Öğrenciler kalabalık sınıflarda her yıl değişen öğretmenleriyle geleceklerini kurmaya çalışırken eğitimciler de yetersizliklerle boğuşuyor. Altınşehir’deki Tepe İlköğretim Okulu 4 bin 200 mevcutlu. Ancak yaklaşık 200 öğrenci sürekli devamsız, çalıştıkları için okula gelemiyorlar. Altınşehir Lisesi’nde okuyan 16 yaşındaki Hakan Koç, iyi öğretmenlerin geldiği gibi gittiğini söylüyor. Gaziosmanpaşa’daki Aslangazi İlköğretim Okulu da 3 bin mevcutlu. Daracık bir bahçe içinde. Teneffüs yapılacak alan dar bir bahçeyle sınırlı. Öğrencilerin bir kısmı bile dışarı çıktığında bahçe mahşer yeri gibi andırıyor. Koridorlarda öğrencileri aşmak zor. Öğretmenler öğrencilere sesini duyurmak için koridorda bile mikrofonla konuşuyor. Okulun öğretmenlerinden biri ne kadar uğraşılırsa uğraşılsın bir öğretmen kadrosu kurmanın mümkün olmadığını anlatıyor: “İlk ataması buraya yapılır, iki yıl sonra başka yere giderler.”

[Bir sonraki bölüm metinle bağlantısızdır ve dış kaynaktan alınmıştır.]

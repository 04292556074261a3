//! A set that is built in memory, and the rule of the test for it.
ghost use Rattle.std.specs.Prelude.{◌≡◌, IfOk, IfErr, Some};
ghost use Rattle.mc_model.specs.Holds.{Fits, Holds};
ghost use Rattle.mc_model.specs.Test.{published};
ghost use Rattle.calling_examples.specs.Admitted.{IsReason};

use admission::admit;
use load_sum::{LoadFault, sum_loads};
use mc_task::{Level, Name, Rule, Task, TaskNo, TaskSet};
use std::alloc::Global;
use thiserror::Error;

/// Why a set has no rule.
#[derive(Clone, Copy, Debug, PartialEq, Eq, Error)]
pub enum NoRule {
    /// The hyperperiod exceeds 2^60; the task is the first whose period takes it past that.
    #[error("the periods are out of range at task {}", task.0)]
    Range { task: TaskNo },
    /// The test gives the set no rule.
    #[error("no rule schedules the set")]
    NotAdmitted,
}

/// The set of a controller, which is certified for 6 ticks and mostly needs 2, and a logger; `None` if an allocation
/// fails.
pub fn control_set(alloc: Global) -> Option<TaskSet> {
    let ctl = Task {
        name: Name::new(b"ctl")?,
        level: Level::High,
        period: 10,
        low: 2,
        high: 6,
    };
    let log = Task {
        name: Name::new(b"log")?,
        level: Level::Low,
        period: 10,
        low: 5,
        high: 5,
    };
    let tasks = vec![in alloc; ctl, log].ok()?;
    TaskSet::new(tasks).ok()
}

/// The rule of the published test for the set, or why there is none.
pub fn rule_for(set: &TaskSet) -> Result<Rule, NoRule>
    ensures test { IfOk result (λ rule. published set.now.tasks ≡ Some rule) }
    ensures fits { IfOk result Fits }
    ensures holds { IfOk result (Holds set.now.tasks) }
    ensures reason { IfErr result (IsReason set.now.tasks) }
{
    let loads = match sum_loads(set) {
        Ok(loads) => loads,
        Err(LoadFault::Range { task }) => return Err(NoRule::Range { task }),
    };
    match admit(&loads) {
        Some(rule) => Ok(rule),
        None => Err(NoRule::NotAdmitted),
    }
}
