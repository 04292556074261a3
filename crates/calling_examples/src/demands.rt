//! A set with constrained deadlines, tested under plain EDF.
ghost use Rattle.std.specs.Prelude.{◌≡◌, ℕ, List, None, IfOk, IfSome};
ghost use Rattle.demand_test.specs.declared.row.EdfRow.{EdfRow};
ghost use Rattle.demand_test.specs.EdfRuns.{IsEdfSchedule, NoneLate};
ghost use Rattle.demand_test.specs.CounterText.{ShowsCounter};

use demand_test::{DemandSet, Fit, check_demand, counter};
use mc_task::Memory;
use std::alloc::Global;

/// The text of a schedule in which a job is late, if the set has one. If there is none, no job is late in any schedule
/// of the set.
pub fn counterexample(alloc: Global, set: &DemandSet) -> Result<Option<Vec<u8>>, Memory>
    ensures none { IfOk result (λ found. found ≡ None → (h : List EdfRow) → IsEdfSchedule set.now h → NoneLate set.now h) }
    ensures some { IfOk result (λ found. IfSome found (λ text. (n : ℕ) × ShowsCounter set.now n text.items)) }
{
    match check_demand(alloc, set)? {
        Fit::Within { .. } => Ok(None),
        Fit::Past { length, .. } => Ok(Some(counter(alloc, set, length)?)),
    }
}
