//! A scheduling loop of the caller's own over the core, for any device.
ghost use Rattle.std.specs.Prelude.{◌≡◌, ◌<◌, ◌≤◌, None, length, IfOk};
ghost use Rattle.mc_model.specs.Holds.{Fits, Holds};
ghost use Rattle.mc_model.specs.Legal.{Legal};
ghost use Rattle.mc_model.specs.Rows.{ticks};
ghost use Rattle.mode_core.specs.Timely.{IsTimely};
ghost use Rattle.calling_examples.specs.Loop.{AddsReleases, AddsTick};

use mc_task::{JobId, Memory, Rule, TaskNo, TaskSet};
use mode_core::Core;
use row_history::Recorder;
use std::alloc::Global;

/// What the loop drives.
pub trait Device {
    /// Whether the task is released at this boundary, just before tick `at`.
    fn releases(&mut self, task: TaskNo, at: u64) -> bool;

    /// Runs one tick of the job, and returns whether the job is then done.
    fn run(&mut self, job: JobId) -> bool;
}

/// Schedules `end` ticks of the set under the rule, whatever the device returns.
pub fn schedule<D: Device>(
    alloc: Global,
    set: TaskSet,
    rule: Rule,
    device: &mut D,
    end: u32,
) -> Result<Core, Memory>
    requires fits { Fits rule }
    requires holds { Holds set.tasks rule }
    requires few { end ≤ 1000000 }
    ensures ticks { IfOk result (λ core. ticks core.rows ≡ end) }
    ensures legal { IfOk result (λ core. Legal set.tasks rule core.rows) }
    ensures timely { IfOk result IsTimely }
    ensures same { IfOk result (λ core. (core.set ≡ set.tasks) × (core.rule ≡ rule) × (core.out ≡ None)) }
{
    let tasks = set.len();
    // A set has at most 128 tasks, so each boundary has at most 128 releases and one tick.
    let mut core = Core::new(alloc, set, rule, 129 * end as usize)?;
    for _tick in 0..end {
        release_due(&mut core, device, tasks);
        give_tick(&mut core, device);
    }
    let _sound = core.ticks();
    let _timely = core.rows();
    Ok(core)
}

/// Releases each task that the device wants released. A release that is too soon is refused, which changes nothing.
pub fn release_due<D: Device, R: Recorder>(core: &mut Core<R>, device: &mut D, tasks: u32)
    requires tasks { tasks ≡ length core.old.set }
    requires none_out { core.old.out ≡ None }
    ensures { AddsReleases tasks core.old core.new }
{
    for place in 0..tasks {
        let task = TaskNo(place + 1);
        if device.releases(task, core.ticks()) {
            let _ = core.release(task);
        }
    }
}

/// Gives the next tick to the chosen job, or makes an idle tick if nothing is pending.
pub fn give_tick<D: Device, R: Recorder>(core: &mut Core<R>, device: &mut D)
    requires none_out { core.old.out ≡ None }
    requires room { length core.old.rows < core.old.places }
    ensures { AddsTick core.old core.new }
{
    let _sound = core.ticks();
    match core.chosen() {
        Some(job) => {
            if let Ok(granted) = core.grant(job.task) {
                let done = device.run(granted.job);
                let _ = core.outcome(granted.job, done);
            }
        }
        None => {
            let _ = core.idle();
        }
    }
}
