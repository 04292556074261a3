//! A first program: a set, its rule, and a loop over the core. It looks each task up before it releases it, so its
//! proof needs no file.
ghost use Rattle.std.specs.Prelude.{IfOk, IfSome};
ghost use Rattle.mc_model.specs.Holds.{Fits, Holds};
ghost use Rattle.mode_core.specs.Timely.{IsTimely};

use admission::admit;
use anyhow::Context;
use load_sum::sum_loads;
use mc_task::{Level, Memory, Name, Rule, Task, TaskNo, TaskSet};
use mode_core::Core;
use std::alloc::Global;

/// Runs two tasks for 20 ticks, and prints the number of rows.
pub fn print_a_run(rt: &impl Print, alloc: Global) -> anyhow::Result<()> {
    let set = sensor_set(alloc).context("no set")?;
    let rule = rule_of(&set).context("no rule schedules the set")?;
    let core = run(alloc, set, rule, 20).ok().context("out of memory")?;
    println!(rt;
        "{} ticks, {} rows, and no job is late",
        core.ticks(),
        core.rows().len()
    )?;
    Ok(())
}

fn sensor_set(alloc: Global) -> Option<TaskSet> {
    let steer = Task {
        name: Name::new(b"steer")?,
        level: Level::High,
        period: 10,
        low: 2,
        high: 6,
    };
    let log = Task {
        name: Name::new(b"log")?,
        level: Level::Low,
        period: 10,
        low: 5,
        high: 5,
    };
    TaskSet::new(vec![in alloc; steer, log].ok()?).ok()
}

// The rule of the published test for the set.
fn rule_of(set: &TaskSet) -> Option<Rule>
    ensures fits { IfSome result Fits }
    ensures holds { IfSome result (Holds set.now.tasks) }
{
    let loads = sum_loads(set).ok()?;
    admit(&loads)
}

/// Runs the set for `end` ticks, with each task released as soon as it may be. No job is late in the rows.
pub fn run(alloc: Global, set: TaskSet, rule: Rule, end: u32) -> Result<Core, Memory>
    requires fits { Fits rule }
    requires holds { Holds set.tasks rule }
    ensures timely { IfOk result IsTimely }
{
    let tasks = set.len();
    let mut core = Core::new(alloc, set, rule, 1000)?;
    for tick in 0..end {
        for place in 0..tasks {
            release(&mut core, TaskNo(place + 1));
        }
        give_tick(&mut core, tick % 3 == 2);
    }
    let _timely = core.rows();
    Ok(core)
}

// If the task may not be released yet, the core refuses, and nothing changes.
fn release(core: &mut Core, task: TaskNo) {
    if core.set().get(task).is_some() {
        let _ = core.release(task);
    }
}

// Gives the next tick to the chosen job, if a job is pending.
fn give_tick(core: &mut Core, done: bool) {
    match core.chosen() {
        Some(job) => {
            if let Ok(granted) = core.grant(job.task) {
                // Here the job would run for one tick and say whether it is done.
                let _ = core.outcome(granted.job, done);
            }
        }
        None => {
            let _ = core.idle();
        }
    }
}
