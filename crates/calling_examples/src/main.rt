//! Callers of this repository's crates, each on the set of a controller and a logger.
#![tactic(auto)]

ghost use Rattle.std.specs.Prelude.{IfOk};
ghost use Rattle.mc_model.specs.Holds.{Fits, Holds};

mod admitted;
mod demands;
mod guarded;
mod line;
mod live;
mod plant;
mod recorded;
mod schedule;
mod threads;
mod trace;
mod watched;

use admitted::{control_set, rule_for};
use anyhow::Context;
use demand_test::read_demands;
use demands::counterexample;
use guarded::print_a_run;
use live::run_live;
use mc_model::{How, Row, WorkRow};
use mc_task::{JobId, Rule, TaskNo, TaskSet};
use mode_core::Core;
use plant::Plant;
use recorded::verdict_on;
use schedule::schedule;
use std::alloc::Global;
use std::str;
use std::sync::Wait;
use std::thread::Threads;
use threads::{StepCounter, run_jobs};
use trace::trace_of;
use watched::{planned, run_watched};

fn main(rt: HostRuntime) -> anyhow::Result<()> {
    print_a_run(&rt, rt.alloc())?;
    admit_one(&rt, rt.alloc())?;
    let core = drive_a_plant(&rt, rt.alloc())?;
    judge_rows(&rt, rt.alloc(), &core)?;
    run_in_threads(&rt, rt.alloc(), &core)?;
    watch_a_run(&rt, rt.alloc(), &core)?;
    drive_without_an_end(&rt, rt.alloc())?;
    refute_a_set(&rt, rt.alloc())
}

// The set of a controller and a logger, and the rule of the test for it.
fn control(alloc: Global) -> anyhow::Result<(TaskSet, Rule)>
    ensures fits { IfOk result (λ r. Fits r.1) }
    ensures holds { IfOk result (λ r. Holds r.0.tasks r.1) }
{
    let set = control_set(alloc).context("no set")?;
    let rule = rule_for(&set)?;
    Ok((set, rule))
}

fn print_text(rt: &impl Print, text: &[u8]) -> anyhow::Result<()> {
    print!(rt; "{}", str::from_utf8(text)?)?;
    Ok(())
}

fn admit_one(rt: &impl Print, alloc: Global) -> anyhow::Result<()> {
    match control(alloc)?.1 {
        Rule::Plain => println!(rt; "EDF")?,
        Rule::Virtual { p, q } => println!(rt; "EDF-VD, x = {p}/{q}")?,
    }
    Ok(())
}

fn drive_a_plant(rt: &impl Print, alloc: Global) -> anyhow::Result<Core> {
    let (set, rule) = control(alloc)?;
    let mut plant = Plant::new();
    let core = schedule(alloc, set, rule, &mut plant, 12)
        .ok()
        .context("out of memory")?;
    print_a_trace(rt, alloc, &core, plant.ran)?;
    Ok(core)
}

fn print_a_trace(rt: &impl Print, alloc: Global, core: &Core, ran: u32) -> anyhow::Result<()> {
    let text = trace_of(alloc, core)?;
    print_text(rt, &text)?;
    println!(rt; "ticks that the plant ran: {ran}")?;
    Ok(())
}

fn judge_rows(rt: &impl Print, alloc: Global, core: &Core) -> anyhow::Result<()> {
    let (set, rule) = control(alloc)?;
    let ctl = first_job(1);
    let log = first_job(2);
    // The overrun has discarded the logger's job, so that job may not run.
    let recorded = [
        Row::Release {
            job: ctl,
            kept: true,
        },
        Row::Release {
            job: log,
            kept: true,
        },
        Row::Tick {
            job: ctl,
            how: How::More,
        },
        Row::Tick {
            job: ctl,
            how: How::Over,
        },
        Row::Tick {
            job: log,
            how: How::More,
        },
    ];
    print_verdict(rt, alloc, &set, rule, core.rows())?;
    print_verdict(rt, alloc, &set, rule, &recorded)
}

fn print_verdict(
    rt: &impl Print,
    alloc: Global,
    set: &TaskSet,
    rule: Rule,
    rows: &[Row],
) -> anyhow::Result<()>
    requires fits { Fits rule }
    requires holds { Holds set.now.tasks rule }
{
    println!(rt; "{:?}", verdict_on(alloc, set, rule, rows)?)?;
    Ok(())
}

fn first_job(task: u32) -> JobId {
    JobId {
        task: TaskNo(task),
        count: 1,
    }
}

fn run_in_threads<R: Print + Threads + Wait + Sync>(
    rt: &R,
    alloc: Global,
    core: &Core,
) -> anyhow::Result<()> {
    let jobs = overrun(alloc).context("out of memory")?;
    let (set, rule) = control(alloc)?;
    let counter = StepCounter::new();
    let floor = run_jobs(rt, alloc, set, rule, jobs, 12, &counter)?;
    let is_same = floor.core().rows() == core.rows();
    println!(rt;
        "steps in threads: {}\nthe same rows: {is_same}",
        counter.steps()
    )?;
    Ok(())
}

fn watch_a_run<R: Print + Threads + Wait + Sync>(
    rt: &R,
    alloc: Global,
    core: &Core,
) -> anyhow::Result<()> {
    let jobs = overrun(alloc).context("out of memory")?;
    let (set, rule) = control(alloc)?;
    let floor = planned(alloc, set, rule, jobs, 12).context("no floor")?;
    let (floor, ended) = run_watched(rt, alloc, floor, 12)
        .ok()
        .context("out of memory")?;
    let is_same = floor.core().rows() == core.rows();
    println!(rt; "ticks that a panel counted: {ended}\nthe same rows: {is_same}")?;
    Ok(())
}

fn drive_without_an_end(rt: &impl Print, alloc: Global) -> anyhow::Result<()> {
    let (set, rule) = control(alloc)?;
    let mut plant = Plant::new();
    let live = run_live(alloc, &set, rule, &mut plant, Vec::new(alloc))?;
    let verdict = live.monitor().verdict();
    print_text(rt, &live.into_lines())?;
    println!(rt; "{verdict:?}")?;
    Ok(())
}

fn refute_a_set(rt: &impl Print, alloc: Global) -> anyhow::Result<()> {
    let file = "task,period,deadline,budget\na,4,2,1\nb,6,3,3\n";
    let set = read_demands(alloc, file.as_bytes())?;
    match counterexample(alloc, &set).ok().context("out of memory")? {
        Some(text) => print_text(rt, &text),
        None => {
            println!(rt; "schedulable")?;
            Ok(())
        }
    }
}

// The jobs that the plant releases.
fn overrun(alloc: Global) -> Option<Vec<WorkRow>> {
    vec![in alloc; job(1, 0, 6), job(2, 0, 5), job(2, 10, 5)].ok()
}

fn job(task: u32, release: u32, need: u32) -> WorkRow {
    WorkRow {
        task: TaskNo(task),
        release,
        need,
    }
}
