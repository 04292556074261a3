//! Rows from a recorder of the caller's own, judged.
ghost use Rattle.std.specs.Prelude.{◌≡◌, ◌<◌, All, Err, IfOk, length, reverse};
ghost use Rattle.mc_model.specs.Holds.{Fits, Holds};
ghost use Rattle.mc_model.specs.Legal.{IsOfSet};
ghost use Rattle.mc_model.specs.Verdict.{verdict, HasNoLate};

use mc_model::{Row, Verdict, are_of_set};
use mc_task::{Memory, Rule, TaskSet};
use std::alloc::Global;
use thiserror::Error;
use trace_format::pack;
use trace_judge::judge;

/// Why rows are not judged.
#[derive(Clone, Copy, Debug, PartialEq, Eq, Error)]
pub enum NotJudged {
    #[error("out of memory")]
    Memory,
    #[error("more than 2000000 rows")]
    TooMany,
    #[error("a row is of a task that the set does not have")]
    UnknownTask,
}

/// The verdict on these rows, the oldest first. The rule holds for the set, so if the rows are legal, no job is late.
pub fn verdict_on(
    alloc: Global,
    set: &TaskSet,
    rule: Rule,
    rows: &[Row],
) -> Result<Verdict, NotJudged>
    requires fits { Fits rule }
    requires holds { Holds set.now.tasks rule }
    ensures exact { IfOk result (λ v. v ≡ verdict set.now.tasks rule (reverse rows.now)) }
    ensures none_late { IfOk result HasNoLate }
    ensures too_many { result ≡ Err NotJudged.TooMany → 2000000 < length rows.now }
    ensures unknown { result ≡ Err NotJudged.UnknownTask → ¬ All (IsOfSet set.now.tasks) rows.now }
{
    if rows.len() > 2_000_000 {
        return Err(NotJudged::TooMany);
    }
    if !are_of_set(set, rows) {
        return Err(NotJudged::UnknownTask);
    }
    let Ok(runs) = pack(alloc, rows) else {
        return Err(NotJudged::Memory);
    };
    match judge(alloc, set, rule, &runs) {
        Ok(verdict) => Ok(verdict),
        Err(Memory) => Err(NotJudged::Memory),
    }
}
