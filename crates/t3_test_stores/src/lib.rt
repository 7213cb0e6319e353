//! Stores to begin with, and objects without anything, for the crates of tests.
//!
//! ```text
//! let mut store = empty_store(alloc, limits)?;
//! let number = create_tads(alloc, &mut store, false)?;
//! ```
#![tactic(auto)]

mod objects;
mod stores;

pub use objects::{create_tads, tads};
pub use stores::empty_store;
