//! A store to begin with.
ghost use Rattle.std.specs.Prelude.{◌≡◌, IfOk};
ghost use Rattle.std.specs.FinMap.{empty};
ghost use Rattle.t3_store.specs.Store.{AreLimits, started};

use std::alloc::Global;
use t3_holder::NoMemory;
use t3_store::{Persistent, Store, StoreLimits};

/// A store without objects, whose first object has the number 1.
pub fn empty_store(alloc: Global, limits: StoreLimits) -> Result<Store, NoMemory>
    requires { AreLimits limits }
    ensures store { IfOk result (λ store. store.store ≡ started limits empty empty 1) }
    ensures savepoints { IfOk result (λ store. store.savepoints ≡ 0) }
{
    let first = Persistent::new(alloc);
    let passing = Persistent::new(alloc);
    Store::start(alloc, limits, first, passing, 1)
}
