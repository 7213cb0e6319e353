//! Objects without anything.
ghost use Rattle.std.specs.Prelude.{◌≡◌, Some};
ghost use Rattle.t3_store.specs.Value.{new_value, supers_of, HasFittingLength};

use std::alloc::Global;
use t3_store::{NewObject, Store, StoreRefusal};
use t3_tadsobj::Props;
use t3_undo::Numbers;

/// What a tads-object with these superclasses and without properties is made of.
pub fn tads(alloc: Global, supers: Vec<u32>, class: bool) -> NewObject
    ensures supers { supers_of (new_value result) ≡ Some supers.items }
    ensures length { HasFittingLength (new_value result) }
{
    NewObject::Tads {
        supers: Numbers(supers),
        class,
        props: Props(Vec::new(alloc)),
    }
}

/// Makes a tads-object without anything, and gives its number. Refused as [`Store::create`] says.
pub fn create_tads(alloc: Global, store: &mut Store, transient: bool) -> Result<u32, StoreRefusal> {
    store.create(tads(alloc, Vec::new(alloc), false), transient)
}
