// What a test finds: the test fails where a condition does not hold or two values differ. A helper of a test hands the
// failure on by `?`, and so needs no handle that may end the process.
#![tactic(auto)]

ghost use Rattle.std.specs.Prelude.{◌≡◌, true, false, MatchResult};

use std::fmt::Debug;
use std::test::Fail;

// Answers a failure exactly where the condition does not hold.
pub fn check(holds: bool) -> Result<(), Fail>
    ensures { MatchResult result (λ _. holds ≡ true) (λ _. holds ≡ false) }
{
    if holds {
        Ok(())
    } else {
        Err(Fail::new("a condition does not hold"))
    }
}

// Answers a failure exactly where the two differ.
pub fn check_eq<T: PartialEq + Debug + Drop>(found: T, expected: T) -> Result<(), Fail>
    ensures { let same = T.PartialEq.eq found expected in
        MatchResult result (λ _. same ≡ true) (λ _. same ≡ false) }
{
    if found == expected {
        Ok(())
    } else {
        Err(Fail::new(format_args!("found {found:?}, expected {expected:?}")))
    }
}
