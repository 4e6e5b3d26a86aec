//! Links that break, and those that are silent for too long.
use super::WIDE;
use super::playing::Step::{self, *};
use super::playing::play;
use mr_loop::{LinkEnd, Pause};

/// Each request whose leg went over a link that breaks is given up, in order, and nothing of the connection is left.
static BREAK: [Step; 15] = [
    Sends(0, b"get k\r\n", Pause::NeedsBytes),
    Sends(1, b"get a\r\n", Pause::NeedsBytes),
    Says(1, b"VALUE k 0 1\r\n", LinkEnd::Whole),
    Breaks(1),
    IsUp(1, false),
    Told(0, b"SERVER_ERROR leg lost\r\n"),
    Told(1, b"SERVER_ERROR leg lost\r\n"),
    Sends(0, b"get k\r\n", Pause::NeedsBytes),
    Told(0, b"SERVER_ERROR leg lost\r\n"),
    Up(1),
    Asked(1, b""),
    Sends(0, b"get k\r\n", Pause::NeedsBytes),
    Asked(1, b"get k\r\n"),
    Says(1, b"END\r\n", LinkEnd::Whole),
    Told(0, b"END\r\n"),
];

#[test]
fn broken_link_gives_its_requests_up(rt: HostRuntime) {
    let _ = play(&rt, rt.alloc(), 8, WIDE, &BREAK);
}

/// A connection that is made anew doesn't take on what the one before it had.
static ANEW: [Step; 6] = [
    Sends(0, b"get k\r\n", Pause::NeedsBytes),
    Says(1, b"VALUE k 0 1\r\nx", LinkEnd::Whole),
    Up(1),
    Told(0, b"SERVER_ERROR leg lost\r\n"),
    Asked(1, b""),
    Says(
        1,
        b"\r\nEND\r\n",
        LinkEnd::Refused(mr_text::TextError::UnknownCommand { closes: true }),
    ),
];

#[test]
fn new_connection_begins_anew(rt: HostRuntime) {
    let _ = play(&rt, rt.alloc(), 8, WIDE, &ANEW);
}

/// The first leg of a link may take a second, and no microsecond more.
static SILENCE: [Step; 14] = [
    At(5),
    Sends(0, b"get k\r\n", Pause::NeedsBytes),
    At(6),
    Sends(1, b"get b\r\nget a\r\n", Pause::NeedsBytes),
    At(1_000_005),
    Ticks,
    IsUp(1, true),
    At(1_000_006),
    Ticks,
    IsUp(1, false),
    IsUp(0, true),
    Told(0, b"SERVER_ERROR leg lost\r\n"),
    Says(0, b"END\r\n", LinkEnd::Whole),
    Told(1, b"END\r\nSERVER_ERROR leg lost\r\n"),
];

#[test]
fn silent_link_breaks(rt: HostRuntime) {
    let _ = play(&rt, rt.alloc(), 8, WIDE, &SILENCE);
}

/// A delete whose second leg has no link is given up at once; the reply of its first leg is the first one's all the same.
static NO_SECOND_LINK: [Step; 8] = [
    Breaks(4),
    Reads(1000),
    Sends(0, b"delete k\r\nget k\r\n", Pause::NeedsBytes),
    Asked(1, b"delete k\r\nget k\r\n"),
    Asked(4, b""),
    Told(0, b"SERVER_ERROR leg lost\r\n"),
    Says(1, b"DELETED\r\nVALUE k 0 1\r\nx\r\nEND\r\n", LinkEnd::Whole),
    Told(0, b"VALUE k 0 1\r\nx\r\nEND\r\n"),
];

#[test]
fn leg_without_a_link_is_lost(rt: HostRuntime) {
    let _ = play(&rt, rt.alloc(), 8, WIDE, &NO_SECOND_LINK);
}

Sokaklarlardan sonra ikinci mekân ise kafeler. Altınşehir Bayramtepe’de internet kafe ve bilardo salonunda toplanmış lise öğrencileri. 9. sınıf öğrencisi 17 yaşındaki Zeki Arslan, beş kardeşten biri. Fırıncılık yapan ağabeyine yardım ederken bir yandan okula gidiyor. Arslan üniversiteye gidip bankacı olmak istediğini söylerken, biraz buruk öğretmenlerinin tespitini söylüyor: “Kimse üniversite mezunu olamaz burada.” Tatvan’dan göç eden lise öğrecisi Harun Tuaç’ın hayali futbolcu olmak. Kanaryaspor’da futbol oynayan Tuaç, “Hafta sonları bayan kuaföründe çalışıyorum. Düz liseye gidiyorum ya. Ailem bir de mesleğim olsun istiyor” şeklinde konuşuyor.